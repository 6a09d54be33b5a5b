// The remainder of an f64 by a full turn, 360, without a division: whole numbers of full turns are
// taken away, 2^1015 of them first where there are so many, then half as many, and so on to one.
// Every difference is exact (proofs/FullTurns.antt). Not by `%`, which is what the contract says:
// it compiles to a call of the C library's `fmod`, which nothing proves (docs/DECISIONS.md,
// 'Folds').
ghost use Rattle.std.specs.Prelude.{◌≡◌, false, cond, ◌≤◌};
ghost use Rattle.std.specs.Float.{binary64};
ghost use Rattle.std.specs.Float.Ieee.{sub, rem, lt, le};
ghost use Rattle.laws.specs.Units.{units_of};
ghost use Rattle.math.specs.Remainder.{zero, full_turn, Left, Rest};

// A full turn, in degrees.
pub const FULL_TURN: f64 = 360.0;

// Two full turns, and the most of which the number is a power of two: 2^1015.
const TWO_TURNS: f64 = 720.0;

const MOST_TURNS: f64 = 1.2640029854500659e308;

// What is left of a number when another that is not more is taken away.
fn less(rest: f64, turn: f64) -> f64
    ensures { result ≡ cond (le turn rest) (sub binary64 rest turn) rest }
{
    if turn <= rest { rest - turn } else { rest }
}

// The remainder by a full turn, of a number below two times `turn`, which is 2^(left - 1) full
// turns: they are taken away where there are so many, then half as many, and so on to one. No
// difference is rounded.
fn reduced(a: f64, turn: f64, left: u64) -> f64
    requires { Left (units_of a) a turn left × (left ≤ 1016) }
    ensures { Rest (units_of a) result }
{
    let mut rest = a;
    let mut part = turn;
    for _ in 0..left {
        rest = less(rest, part);
        part = part * 0.5;
    }
    rest
}

// The remainder by a full turn of a number that is not negative, and NaN of what is not finite.
fn remainder_of_positive(a: f64) -> f64
    requires { lt a zero ≡ false }
    ensures { result ≡ rem binary64 a full_turn }
{
    if a < FULL_TURN {
        return a;
    }
    if a < TWO_TURNS {
        return reduced(a, FULL_TURN, 1);
    }
    if crate::is_finite(a) {
        return reduced(a, MOST_TURNS, 1016);
    }
    f64::NAN
}

// The remainder by a full turn, with the sign of the number; NaN of what is not finite.
pub fn remainder(x: f64) -> f64
    ensures { result ≡ rem binary64 x full_turn }
{
    if x < 0.0 {
        return -remainder_of_positive(-x);
    }
    remainder_of_positive(x)
}
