// The helpers of math.rs that the encounter module leans on: conversions between degrees and
// radians, signs, tests, and casts. Each takes any f64, NaN and infinities included. The six
// elementary functions stand in crates of their own.
#![tactic(auto)]

pub mod angle;
pub mod duration;
pub mod remainder;
pub mod rounding;

ghost use Rattle.std.specs.Prelude.{◌≡◌, ℕ, suc, ◌*◌, ◌<◌, ◌≤◌, ◌^◌, true, false, pos, negsuc, Float};
ghost use Rattle.std.specs.Float.Ieee as Ieee;
ghost use Rattle.std.specs.Float.{binary64, fin};
ghost use Rattle.std.specs.Float.Ieee.{fits};
ghost use Rattle.std.specs.Float.Ieee.Scale.{finite};
ghost use Rattle.laws.specs.Units.{sign, units_of};
ghost use Rattle.math.specs.Convert.{to_radians, to_degrees};
ghost use Rattle.math.specs.Sign as Sign;
ghost use Rattle.math.specs.Cast as Cast;
ghost use Rattle.math.specs.Test as Test;

use std::f64::consts::PI;

// 2^52: the weight of a normal f64's leading digit, and of the exponent's field in its pattern.
pub const LEADING: u64 = 4503599627370496;

// Degrees in a radian, as math.rs has them.
const DEGREES_PER_RADIAN: f64 = 180.0 / PI;

// How near to zero a value counts as zero, in parts of its operands.
const RELATIVE_TOLERANCE: f64 = 1e-12;

// Degrees to radians. `f64::to_radians` multiplies by the inverse, which rounds otherwise.
pub fn to_radians(degrees: f64) -> f64
    ensures { result ≡ to_radians degrees }
{
    degrees / DEGREES_PER_RADIAN
}

// Radians to degrees.
#[tactic(auto, unfolding(crate::specs::Convert::to_degrees, crate::specs::Convert::degrees_per_radian))]
pub fn to_degrees(radians: f64) -> f64
    ensures { result ≡ to_degrees radians }
{
    radians.to_degrees()
}

// The absolute value.
#[tactic(auto, using(crate::proofs::Sign::abs_is))]
pub fn abs(x: f64) -> f64
    ensures { result ≡ Sign.abs x }
{
    x.abs()
}

// Whether x is a number and not infinite.
#[tactic(auto, using(crate::proofs::Sign::finite_is))]
pub fn is_finite(x: f64) -> bool
    ensures { result ≡ finite x }
{
    x.is_finite()
}

// `magnitude` with the sign of `sign`, whose sign is clear where it is no number.
#[tactic(auto, using(crate::proofs::Sign::copysign_is, crate::proofs::Sign::copysign_of_nan))]
pub fn copysign(magnitude: f64, sign: f64) -> f64
    ensures { result ≡ Sign.copysign magnitude sign }
{
    if sign.is_nan() {
        abs(magnitude)
    } else {
        magnitude.copysign(sign)
    }
}

// Whether a value is zero relative to `scale`, the magnitude of its operands.
#[tactic(auto, unfolding(crate::specs::Test::is_effectively_zero))]
pub fn is_effectively_zero(value: f64, scale: f64) -> bool
    ensures { result ≡ Test.is_effectively_zero value scale }
{
    abs(value) <= abs(scale) * RELATIVE_TOLERANCE
}

// The larger of two values; `a` where one of them is no number, for which `f64::max` answers the
// other.
#[tactic(auto, unfolding(crate::specs::Test::larger))]
pub fn larger(a: f64, b: f64) -> f64
    ensures { result ≡ Test.larger a b }
{
    if a < b { b } else { a }
}

// The whole part of a value from 0 to 10^9, and 0 for any other.
#[tactic(auto, unfolding(crate::specs::Cast::to_usize))]
pub fn to_usize(value: f64) -> usize
    ensures { result ≡ Cast.to_usize value }
{
    if value >= 0.0 && value <= 1e9 {
        std::num::saturating_f64_to_usize(value)
    } else {
        0
    }
}

// A count as a float, rounded where it has more than 53 digits.
pub fn count_to_f64(count: usize) -> f64
    ensures { result ≡ Ieee.of_int binary64 (pos count) }
{
    std::num::nearest_usize_to_f64(count)
}

// 2^k, and 0 where that is no u64. `unbounded_shl` takes its k as a u32: for a k that is no u32
// this would need an answer of its own.
pub fn power_of_two(k: u64) -> u64
    ensures power { k < 64 → result ≡ 2 ^ k }
    ensures none { 64 ≤ k → result ≡ 0 }
{
    if k < 64 { 1 << k } else { 0 }
}

// The size of a float, as units of 2^-1074: `digits` times 2^`place`.
#[derive(Clone, Copy)]
pub struct Parts {
    pub digits: u64,
    pub place: u64,
    ghost few: { digits < 2 ^ 53 },
    ghost leading: { 0 < place → 2 ^ 52 ≤ digits },
}

impl Parts {
    // The parts of the finite float that has a pattern whose sign is clear.
    pub fn of_pattern(pattern: u64) -> Parts
        ensures { (x : Float) → fits binary64 x ≡ true → finite x ≡ true → sign x ≡ false
            → pattern ≡ Ieee.to_bits binary64 x → units_of x ≡ result.digits * 2 ^ result.place }
    {
        if pattern < LEADING {
            return Parts {
                digits: pattern,
                place: 0,
            };
        }
        Parts {
            digits: pattern % LEADING + LEADING,
            place: pattern / LEADING - 1,
        }
    }
}

// n times a unit that is a power of two below one, with the sign set or not: exactly, for an n of
// at most 2^53, and 0 for a larger one.
pub fn multiple(minus: bool, n: u64, unit: f64) -> f64
    ensures product { (i : ℕ) → n ≤ 2 ^ 53 → unit ≡ fin false 1 (negsuc i) → result ≡ Ieee.round binary64 minus n (2 ^ suc i) }
    ensures none { 2 ^ 53 < n → result ≡ Ieee.of_bits binary64 0 }
{
    if n > 2 * LEADING {
        return 0.0;
    }
    let y = n as f64 * unit;
    if minus { -y } else { y }
}
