// What a call gave, as its caller checks it. Telling it costs next to nothing beside the call.
use std::alloc::{AllocError, Global};
use vortex_array::{Array, BoolArray, MinMax, Validity, ValueRef};
use vortex_dict::{DictArray, DictFilled, DictSlice};

/// What a call gave. Both parts are 0 where memory was wanting.
#[repr(C)]
#[derive(Clone, Copy)]
pub struct Told {
    /// How many rows there are.
    pub rows: usize,
    /// Of answers as a column, how many are true; of other rows, the first, the middle and the last as one number.
    pub value: u64,
}

/// What is told of no rows.
pub fn nothing() -> Told {
    Told { rows: 0, value: 0 }
}

// The number of a row, how many bytes it has, or whether it is true, and 0 where it is null.
fn number_in(value: Option<ValueRef<'_>>) -> u64 {
    match value {
        Some(ValueRef::Int(number)) => u64::try_from(number).unwrap_or(1),
        Some(ValueRef::Utf8(text)) => text.len() as u64,
        Some(ValueRef::Bool(true)) => 1,
        _ => 0,
    }
}

// The number of the row at a place.
fn number_at(rows: &Array, i: usize) -> u64 {
    if i >= rows.len() {
        return 0;
    }
    number_in(rows.value_at(i))
}

// The number of the row of a dictionary at a place.
fn row_at(dict: &DictArray, i: usize) -> u64 {
    number_at(dict.values(), number_at(dict.codes(), i) as usize)
}

/// What is told of a column.
pub fn told_of(rows: &Array) -> Told {
    let len = rows.len();
    let first = number_at(rows, 0);
    let middle = number_at(rows, len / 2);
    let last = number_at(rows, len.saturating_sub(1));
    Told {
        rows: len,
        value: first.wrapping_add(middle).wrapping_add(last),
    }
}

/// What is told of a dictionary.
pub fn told_dictionary(dict: &DictArray) -> Told {
    let len = dict.len();
    let first = row_at(dict, 0);
    let middle = row_at(dict, len / 2);
    let last = row_at(dict, len.saturating_sub(1));
    Told {
        rows: len,
        value: first.wrapping_add(middle).wrapping_add(last),
    }
}

/// What is told of a part of a dictionary. Of equal rows it is their number alone.
pub fn told_slice(part: &DictSlice) -> Told {
    match part {
        DictSlice::Dict(dict) => told_dictionary(dict),
        DictSlice::Constant(rows) => Told {
            rows: rows.len(),
            value: 0,
        },
    }
}

/// What is told of a dictionary that was filled.
pub fn told_filled(rows: &DictFilled) -> Told {
    match rows {
        DictFilled::Dict(dict) => told_dictionary(dict),
        DictFilled::Plain(rows) => told_of(rows),
    }
}

/// What is told of so many rows by the least and the greatest of them: both as one number.
pub fn told_extremes(rows: usize, found: &Option<MinMax>) -> Told {
    let value = match found {
        Some(extremes) => {
            let least = number_in(extremes.min.value_ref());
            least.wrapping_add(number_in(extremes.max.value_ref()))
        }
        None => 0,
    };
    Told { rows, value }
}

/// What is told of answers.
pub fn told_answers(alloc: Global, answers: &BoolArray) -> Result<Told, AllocError> {
    let count = match answers.validity() {
        Validity::NonNullable | Validity::AllValid => answers.bits().count(),
        Validity::AllInvalid => 0,
        Validity::Bits(valid) => answers.bits().and(alloc, valid)?.count(),
    };
    Ok(Told {
        rows: answers.len(),
        value: count as u64,
    })
}
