// Calls on a dictionary that are made so many times, at least once.
ghost use Rattle.std.specs.Prelude.{◌≡◌};
ghost use Rattle.vortex_array.specs.ColumnOf.{column_of};
ghost use Rattle.vortex_array_kinds.specs.StringValues.{is_text_type};

use crate::once::{
    apply_once, below_once, cast_once, decode_once, extremes_once, fill_once, filter_once,
    like_once, slice_once, take_once,
};
use crate::telling::Told;
use std::alloc::{AllocError, Global};
use vortex_array::{Array, CompareTo, DType, Scalar};
use vortex_buffer::Mask;
use vortex_dict::DictArray;

/// The rows as a plain array.
pub fn decode_times(alloc: Global, dict: &DictArray, times: usize) -> Result<Told, AllocError> {
    let mut told = decode_once(alloc, dict)?;
    for _ in 1..times {
        told = decode_once(alloc, dict)?;
    }
    Ok(told)
}

/// Row by row whether the dictionary is below a constant.
pub fn below_times(
    alloc: Global,
    dict: &DictArray,
    bound: &Array,
    times: usize,
) -> Result<Told, AllocError> {
    if dict.len() != bound.len() {
        return Err(AllocError);
    }
    if !dict.dtype().same_apart_from_nullability(&bound.dtype()) {
        return Err(AllocError);
    }
    let mut told = below_once(alloc, dict, bound)?;
    for _ in 1..times {
        told = below_once(alloc, dict, bound)?;
    }
    Ok(told)
}

/// Row by row whether the text matches the pattern.
pub fn like_times(
    alloc: Global,
    dict: &DictArray,
    patterns: &Array,
    times: usize,
) -> Result<Told, AllocError> {
    if dict.len() != patterns.len() {
        return Err(AllocError);
    }
    if !is_text(dict.dtype()) || !is_text(patterns.dtype()) {
        return Err(AllocError);
    }
    let mut told = like_once(alloc, dict, patterns)?;
    for _ in 1..times {
        told = like_once(alloc, dict, patterns)?;
    }
    Ok(told)
}

/// Whether a type is one of texts.
pub fn is_text(dtype: DType) -> bool
    ensures { result ≡ is_text_type dtype }
{
    matches!(dtype, DType::Utf8(_))
}

/// Row by row whether the test holds.
pub fn apply_times(
    alloc: Global,
    dict: &DictArray,
    test: &mut CompareTo,
    times: usize,
) -> Result<Told, AllocError> {
    let mut told = apply_once(alloc, dict, test)?;
    for _ in 1..times {
        told = apply_once(alloc, dict, test)?;
    }
    Ok(told)
}

/// The rows that the mask keeps.
pub fn filter_times(
    alloc: Global,
    dict: &DictArray,
    mask: &Mask,
    times: usize,
) -> Result<Told, AllocError> {
    if dict.len() != mask.len() {
        return Err(AllocError);
    }
    let mut told = filter_once(alloc, dict, mask)?;
    for _ in 1..times {
        told = filter_once(alloc, dict, mask)?;
    }
    Ok(told)
}

/// The rows at the places.
pub fn take_times(
    alloc: Global,
    dict: &DictArray,
    places: &Array,
    times: usize,
) -> Result<Told, AllocError> {
    if !places.names_rows(dict.len()) {
        return Err(AllocError);
    }
    let mut told = take_once(alloc, dict, places)?;
    for _ in 1..times {
        told = take_once(alloc, dict, places)?;
    }
    Ok(told)
}

/// The rows from one place up to another.
pub fn slice_times(
    alloc: Global,
    dict: &DictArray,
    start: usize,
    end: usize,
    times: usize,
) -> Result<Told, AllocError> {
    if start > end || end > dict.len() {
        return Err(AllocError);
    }
    let mut told = slice_once(alloc, dict, start, end)?;
    for _ in 1..times {
        told = slice_once(alloc, dict, start, end)?;
    }
    Ok(told)
}

/// The rows, of a type.
pub fn cast_times(
    alloc: Global,
    dict: &DictArray,
    dtype: &DType,
    times: usize,
) -> Result<Told, AllocError> {
    let mut told = cast_once(alloc, dict, dtype)?;
    for _ in 1..times {
        told = cast_once(alloc, dict, dtype)?;
    }
    Ok(told)
}

/// The rows, and the fill in the place of nulls.
pub fn fill_times(
    alloc: Global,
    dict: &DictArray,
    fill: &Scalar,
    times: usize,
) -> Result<Told, AllocError> {
    if fill.is_null() {
        return Err(AllocError);
    }
    if !dict.dtype().same_apart_from_nullability(&fill.dtype()) {
        return Err(AllocError);
    }
    let mut told = fill_once(alloc, dict, fill)?;
    for _ in 1..times {
        told = fill_once(alloc, dict, fill)?;
    }
    Ok(told)
}

/// The least and the greatest row.
pub fn extremes_times(alloc: Global, dict: &DictArray, times: usize) -> Result<Told, AllocError> {
    let mut told = extremes_once(alloc, dict)?;
    for _ in 1..times {
        told = extremes_once(alloc, dict)?;
    }
    Ok(told)
}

------------------------------------------------------------

EXERCISE GOAL: In the entries above, find the line with "const MOST_TURNS: f64" and the line with "ghost use Rattle.std.specs.Float.Ieee as", then set down exactly those two and every line between them, nothing else.

REPLY:
const MOST_TURNS: f64 = 1.2640029854500659e308;

// What is left of a number when another that is not more is taken away.
fn less(rest: f64, turn: f64) -> f64
    ensures { result ≡ cond (le turn rest) (sub binary64 rest turn) rest }
{
    if turn <= rest { rest - turn } else { rest }
}

// The remainder by a full turn, of a number below two times `turn`, which is 2^(left - 1) full
// turns: they are taken away where there are so many, then half as many, and so on to one. No
// difference is rounded.
fn reduced(a: f64, turn: f64, left: u64) -> f64
    requires { Left (units_of a) a turn left × (left ≤ 1016) }
    ensures { Rest (units_of a) result }
{
    let mut rest = a;
    let mut part = turn;
    for _ in 0..left {
        rest = less(rest, part);
        part = part * 0.5;
    }
    rest
}

// The remainder by a full turn of a number that is not negative, and NaN of what is not finite.
fn remainder_of_positive(a: f64) -> f64
    requires { lt a zero ≡ false }
    ensures { result ≡ rem binary64 a full_turn }
{
    if a < FULL_TURN {
        return a;
    }
    if a < TWO_TURNS {
        return reduced(a, FULL_TURN, 1);
    }
    if crate::is_finite(a) {
        return reduced(a, MOST_TURNS, 1016);
    }
    f64::NAN
}

// The remainder by a full turn, with the sign of the number; NaN of what is not finite.
pub fn remainder(x: f64) -> f64
    ensures { result ≡ rem binary64 x full_turn }
{
    if x < 0.0 {
        return -remainder_of_positive(-x);
    }
    remainder_of_positive(x)
}
// The helpers of math.rs that the encounter module leans on: conversions between degrees and
// radians, signs, tests, and casts. Each takes any f64, NaN and infinities included. The six
// elementary functions stand in crates of their own.
#![tactic(auto)]

pub mod angle;
pub mod duration;
pub mod remainder;
pub mod rounding;

ghost use Rattle.std.specs.Prelude.{◌≡◌, ℕ, suc, ◌*◌, ◌<◌, ◌≤◌, ◌^◌, true, false, pos, negsuc, Float};
ghost use Rattle.std.specs.Float.Ieee as Ieee;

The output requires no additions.